Stored dataset items
-- Opening Marker --

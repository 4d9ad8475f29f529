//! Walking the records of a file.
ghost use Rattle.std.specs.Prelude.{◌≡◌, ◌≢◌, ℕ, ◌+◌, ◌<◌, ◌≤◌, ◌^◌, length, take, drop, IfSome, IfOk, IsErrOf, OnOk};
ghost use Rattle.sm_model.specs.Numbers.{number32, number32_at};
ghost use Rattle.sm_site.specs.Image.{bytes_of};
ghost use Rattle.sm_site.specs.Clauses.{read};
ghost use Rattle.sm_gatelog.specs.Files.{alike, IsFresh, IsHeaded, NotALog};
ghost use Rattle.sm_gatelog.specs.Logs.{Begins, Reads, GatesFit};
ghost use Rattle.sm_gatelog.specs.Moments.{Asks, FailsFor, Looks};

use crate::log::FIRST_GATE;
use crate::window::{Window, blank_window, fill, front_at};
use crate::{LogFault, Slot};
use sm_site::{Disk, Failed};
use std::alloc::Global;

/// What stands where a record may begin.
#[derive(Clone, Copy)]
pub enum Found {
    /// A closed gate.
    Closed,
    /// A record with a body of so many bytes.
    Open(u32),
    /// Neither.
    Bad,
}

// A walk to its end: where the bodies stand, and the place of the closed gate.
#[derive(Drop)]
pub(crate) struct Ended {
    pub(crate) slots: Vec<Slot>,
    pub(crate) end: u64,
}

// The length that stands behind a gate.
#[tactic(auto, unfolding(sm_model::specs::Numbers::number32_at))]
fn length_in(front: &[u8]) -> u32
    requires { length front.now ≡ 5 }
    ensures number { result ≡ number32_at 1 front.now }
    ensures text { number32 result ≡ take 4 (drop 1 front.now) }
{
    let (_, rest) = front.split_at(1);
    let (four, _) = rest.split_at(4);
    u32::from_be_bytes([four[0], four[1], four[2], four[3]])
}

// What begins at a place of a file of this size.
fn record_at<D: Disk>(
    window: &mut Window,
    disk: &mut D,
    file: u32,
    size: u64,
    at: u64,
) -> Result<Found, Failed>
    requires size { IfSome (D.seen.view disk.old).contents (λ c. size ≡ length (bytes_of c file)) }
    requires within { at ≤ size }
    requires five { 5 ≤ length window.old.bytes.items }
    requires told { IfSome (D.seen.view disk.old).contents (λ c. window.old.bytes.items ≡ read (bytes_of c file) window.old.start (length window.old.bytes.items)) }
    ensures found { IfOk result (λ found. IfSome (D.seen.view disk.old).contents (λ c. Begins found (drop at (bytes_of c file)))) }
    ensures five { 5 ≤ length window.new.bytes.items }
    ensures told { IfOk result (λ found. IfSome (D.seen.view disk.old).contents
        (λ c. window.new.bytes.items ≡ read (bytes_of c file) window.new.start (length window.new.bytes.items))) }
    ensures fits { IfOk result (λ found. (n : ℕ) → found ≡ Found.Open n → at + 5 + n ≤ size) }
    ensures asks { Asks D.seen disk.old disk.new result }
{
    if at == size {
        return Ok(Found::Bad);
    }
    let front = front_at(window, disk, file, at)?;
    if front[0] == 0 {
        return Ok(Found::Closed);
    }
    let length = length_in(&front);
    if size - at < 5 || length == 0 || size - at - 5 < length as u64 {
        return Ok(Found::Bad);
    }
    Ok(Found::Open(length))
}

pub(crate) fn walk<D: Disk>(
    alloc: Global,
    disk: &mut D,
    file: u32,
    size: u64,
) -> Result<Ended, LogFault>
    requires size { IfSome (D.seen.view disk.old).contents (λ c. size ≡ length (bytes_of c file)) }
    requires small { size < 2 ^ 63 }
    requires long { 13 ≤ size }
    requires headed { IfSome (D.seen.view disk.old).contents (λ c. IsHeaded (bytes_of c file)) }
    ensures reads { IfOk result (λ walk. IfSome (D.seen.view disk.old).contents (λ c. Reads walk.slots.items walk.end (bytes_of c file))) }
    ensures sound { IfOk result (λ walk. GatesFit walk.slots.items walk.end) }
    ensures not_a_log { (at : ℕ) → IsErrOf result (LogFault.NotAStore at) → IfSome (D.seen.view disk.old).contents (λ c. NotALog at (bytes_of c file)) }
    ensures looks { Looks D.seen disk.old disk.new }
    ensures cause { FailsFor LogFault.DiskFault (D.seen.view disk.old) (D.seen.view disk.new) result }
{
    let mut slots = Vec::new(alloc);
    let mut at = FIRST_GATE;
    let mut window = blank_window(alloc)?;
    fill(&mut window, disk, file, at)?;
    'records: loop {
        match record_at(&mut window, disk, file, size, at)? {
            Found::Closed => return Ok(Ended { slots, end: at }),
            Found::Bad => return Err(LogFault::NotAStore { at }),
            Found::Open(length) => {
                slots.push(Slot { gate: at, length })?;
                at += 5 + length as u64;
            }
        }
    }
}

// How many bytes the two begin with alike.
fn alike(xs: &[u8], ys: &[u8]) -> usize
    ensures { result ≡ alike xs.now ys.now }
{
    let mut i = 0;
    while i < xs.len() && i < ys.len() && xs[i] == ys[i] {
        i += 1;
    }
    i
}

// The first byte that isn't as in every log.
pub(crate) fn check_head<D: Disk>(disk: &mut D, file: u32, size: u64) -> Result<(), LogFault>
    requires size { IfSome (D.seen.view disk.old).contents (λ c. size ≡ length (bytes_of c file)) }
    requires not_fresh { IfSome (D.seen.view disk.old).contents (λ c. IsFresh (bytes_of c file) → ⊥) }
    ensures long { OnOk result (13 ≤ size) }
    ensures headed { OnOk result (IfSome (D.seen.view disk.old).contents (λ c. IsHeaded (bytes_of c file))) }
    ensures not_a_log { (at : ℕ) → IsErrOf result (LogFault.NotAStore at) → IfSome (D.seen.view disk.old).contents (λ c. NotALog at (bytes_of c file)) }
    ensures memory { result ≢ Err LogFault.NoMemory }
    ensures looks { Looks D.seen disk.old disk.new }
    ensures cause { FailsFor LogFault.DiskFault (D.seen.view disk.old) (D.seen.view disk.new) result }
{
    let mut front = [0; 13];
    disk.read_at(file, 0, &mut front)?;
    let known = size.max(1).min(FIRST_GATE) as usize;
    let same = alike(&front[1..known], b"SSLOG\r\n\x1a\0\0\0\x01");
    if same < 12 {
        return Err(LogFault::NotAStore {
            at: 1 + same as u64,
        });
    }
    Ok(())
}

-- Closing Marker --
-- Opening Marker --

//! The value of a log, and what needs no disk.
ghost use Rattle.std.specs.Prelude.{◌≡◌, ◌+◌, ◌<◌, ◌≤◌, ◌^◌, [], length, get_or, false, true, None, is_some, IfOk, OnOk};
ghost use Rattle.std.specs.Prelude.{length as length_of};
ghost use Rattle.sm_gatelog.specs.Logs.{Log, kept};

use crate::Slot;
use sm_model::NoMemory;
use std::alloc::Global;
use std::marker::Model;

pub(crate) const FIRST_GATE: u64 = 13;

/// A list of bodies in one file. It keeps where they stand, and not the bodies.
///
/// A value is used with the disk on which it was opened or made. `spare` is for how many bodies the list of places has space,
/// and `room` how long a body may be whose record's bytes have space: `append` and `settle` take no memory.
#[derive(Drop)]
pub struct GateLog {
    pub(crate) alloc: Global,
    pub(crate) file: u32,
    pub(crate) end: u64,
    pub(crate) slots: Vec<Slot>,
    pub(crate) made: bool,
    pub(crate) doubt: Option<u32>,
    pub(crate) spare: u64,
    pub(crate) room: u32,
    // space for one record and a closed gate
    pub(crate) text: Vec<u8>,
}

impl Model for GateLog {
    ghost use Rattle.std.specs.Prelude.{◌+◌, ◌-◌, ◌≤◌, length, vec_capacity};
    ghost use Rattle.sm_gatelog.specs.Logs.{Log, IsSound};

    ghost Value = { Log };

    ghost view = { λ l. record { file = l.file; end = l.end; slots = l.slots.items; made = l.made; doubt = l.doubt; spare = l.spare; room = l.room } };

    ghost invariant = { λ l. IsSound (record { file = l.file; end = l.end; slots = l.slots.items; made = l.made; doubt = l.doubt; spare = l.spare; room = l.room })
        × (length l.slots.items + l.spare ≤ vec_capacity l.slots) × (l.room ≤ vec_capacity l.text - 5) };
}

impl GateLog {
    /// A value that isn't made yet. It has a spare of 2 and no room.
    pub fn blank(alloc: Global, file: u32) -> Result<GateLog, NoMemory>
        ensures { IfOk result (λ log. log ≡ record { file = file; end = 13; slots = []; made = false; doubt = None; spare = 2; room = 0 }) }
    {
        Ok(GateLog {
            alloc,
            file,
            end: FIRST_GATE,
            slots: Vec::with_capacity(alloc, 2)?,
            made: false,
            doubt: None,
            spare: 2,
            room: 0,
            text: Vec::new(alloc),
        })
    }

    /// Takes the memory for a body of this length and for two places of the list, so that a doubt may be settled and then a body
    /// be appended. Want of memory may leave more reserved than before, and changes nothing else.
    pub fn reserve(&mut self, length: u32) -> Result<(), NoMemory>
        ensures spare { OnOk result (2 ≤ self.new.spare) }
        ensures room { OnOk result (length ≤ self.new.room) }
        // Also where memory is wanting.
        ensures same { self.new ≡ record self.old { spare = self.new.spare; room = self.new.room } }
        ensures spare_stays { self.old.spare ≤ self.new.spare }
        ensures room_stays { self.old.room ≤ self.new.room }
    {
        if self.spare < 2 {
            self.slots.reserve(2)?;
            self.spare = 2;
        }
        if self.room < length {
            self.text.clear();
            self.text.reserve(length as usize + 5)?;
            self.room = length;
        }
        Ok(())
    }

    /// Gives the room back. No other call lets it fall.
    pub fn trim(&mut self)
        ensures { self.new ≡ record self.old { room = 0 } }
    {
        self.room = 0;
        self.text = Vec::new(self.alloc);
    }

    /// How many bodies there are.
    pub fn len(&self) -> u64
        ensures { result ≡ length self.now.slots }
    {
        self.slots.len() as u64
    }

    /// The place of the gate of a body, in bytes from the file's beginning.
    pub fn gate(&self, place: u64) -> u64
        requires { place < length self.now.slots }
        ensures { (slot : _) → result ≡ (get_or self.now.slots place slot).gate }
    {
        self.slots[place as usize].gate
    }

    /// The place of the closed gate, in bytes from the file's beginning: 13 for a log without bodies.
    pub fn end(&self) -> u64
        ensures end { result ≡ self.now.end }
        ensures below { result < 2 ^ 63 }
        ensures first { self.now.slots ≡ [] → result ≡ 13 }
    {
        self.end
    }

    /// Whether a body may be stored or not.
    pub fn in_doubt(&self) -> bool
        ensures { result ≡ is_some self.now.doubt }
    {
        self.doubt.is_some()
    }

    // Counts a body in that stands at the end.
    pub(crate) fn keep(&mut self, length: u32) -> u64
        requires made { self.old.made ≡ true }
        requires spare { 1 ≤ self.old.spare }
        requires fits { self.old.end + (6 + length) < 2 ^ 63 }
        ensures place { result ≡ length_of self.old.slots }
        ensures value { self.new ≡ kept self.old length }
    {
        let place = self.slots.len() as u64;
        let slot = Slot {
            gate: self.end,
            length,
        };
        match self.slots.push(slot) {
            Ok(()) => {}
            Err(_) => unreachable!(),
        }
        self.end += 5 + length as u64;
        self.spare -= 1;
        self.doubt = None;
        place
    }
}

-- Closing Marker --

» YOUR GOAL
Each line of the data that holds the word "false" should be copied.

» ANSWER FOR THIS EXERCISE
ghost use Rattle.std.specs.Prelude.{◌≡◌, ◌+◌, ◌<◌, ◌≤◌, ◌^◌, [], length, get_or, false, true, None, is_some, IfOk, OnOk};
        ensures { IfOk result (λ log. log ≡ record { file = file; end = 13; slots = []; made = false; doubt = None; spare = 2; room = 0 }) }
            made: false,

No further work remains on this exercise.